Personal information
- Full name: Maksim Filippovich Sarraf
- Date of birth: 15 March 2005 (age 21)
- Place of birth: Moscow, Russia
- Height: 1.85 m (6 ft 1 in)
- Position: Goalkeeper

Team information
- Current team: Al-Karamah

Youth career
- 0000–2023: CSKA

Senior career*
- Years: Team / Apps / (Gls)
- 2024: Andijon / 1 / (0)
- 2025: Zaamin
- 2025–: Al-Karamah

International career^{‡}
- 2023–: Syria U20 / 13 / (0)
- 2023–: Syria U23 / 4 / (0)

= Maksim Sarraf =

Syrian footballer (born 2005)

Maksim Filippovich Sarraf (ماكسيم صراف; Максим Сарраф; born 15 March 2005) is a footballer who plays as a goalkeeper for Syrian club Al-Karamah. Born in Russia, he plays for the Syria national team.

==Early life==
Sarraf was born on 15 March 2005 in Moscow, Russia to a Syrian father and a Russian mother, and had lived in the United States for a year as a child.

==Club career==
As a youth player, Sarraf joined the youth academy of Russian side CSKA, where he recorded thirteen clean sheets in twenty-three appearances while playing for the club's under-16 team.

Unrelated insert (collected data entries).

//! How a run ended.
ghost use Rattle.std.specs.Prelude.{◌≡◌};
ghost use Rattle.oct_io.specs.Stops.{status_written};

use crate::sink::SinkFault;
use std::fmt;

/// How a run ended. The numbers are those that the program ends with.
#[derive(Clone, Copy, Debug, PartialEq, Eq)]
pub enum Status {
    /// All was done, a script to its end or to `quit`, and nothing was refused.
    Done = 0,
    /// All was done as far as it could be, and a reply, or the one line of a task over files, is a
    /// refusal.
    Refused = 1,
    /// The words ask for no task. Nothing was read or written.
    Usage = 2,
    /// The input was to be a file of classes and isn't one; the refusal was written.
    BadFile = 3,
    /// The input has more bytes than it may have.
    TooLong = 4,
    /// The source failed.
    ReadFault = 5,
    /// The sink failed.
    WriteFault = 6,
    /// Memory ran out.
    Memory = 7,
    /// The store failed, at a command or a task that names a file.
    StoreFault = 8,
}

impl fmt::Display for Status {
    fn fmt<W: fmt::Write>(&self, f: &mut fmt::Formatter<W>) -> fmt::Result {
        f.write_str(match self {
            Status::Done => "done",
            Status::Refused => "refused",
            Status::Usage => "usage",
            Status::BadFile => "bad file",
            Status::TooLong => "input too long",
            Status::ReadFault => "read fault",
            Status::WriteFault => "write fault",
            Status::Memory => "out of memory",
            Status::StoreFault => "store fault",
        })
    }
}

/// The status of a task whose text was written, or else that of the sink's fault.
pub fn status_written<T: Drop>(whole: Status, written: Result<T, SinkFault>) -> Status
    ensures { result ≡ status_written whole written }
{
    match written {
        Ok(_) => whole,
        Err(SinkFault::Failed) => Status::WriteFault,
        Err(SinkFault::Memory) => Status::Memory,
    }
}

Ahead of the 2024 season, he signed for Uzbekistani side Andijon, helping the club win the 2024 Uzbekistan Cup. On 25 August 2024, he debuted for them during a 0–3 away loss to Nasaf in the league. In 2025, he signed for Uzbekistani side Zaamin.

==Style of play==
Sarraf plays as a goalkeeper and is right-footed. Algerian news website Fennec Football wrote in 2021 that he has "good reflexes as well as good mobility".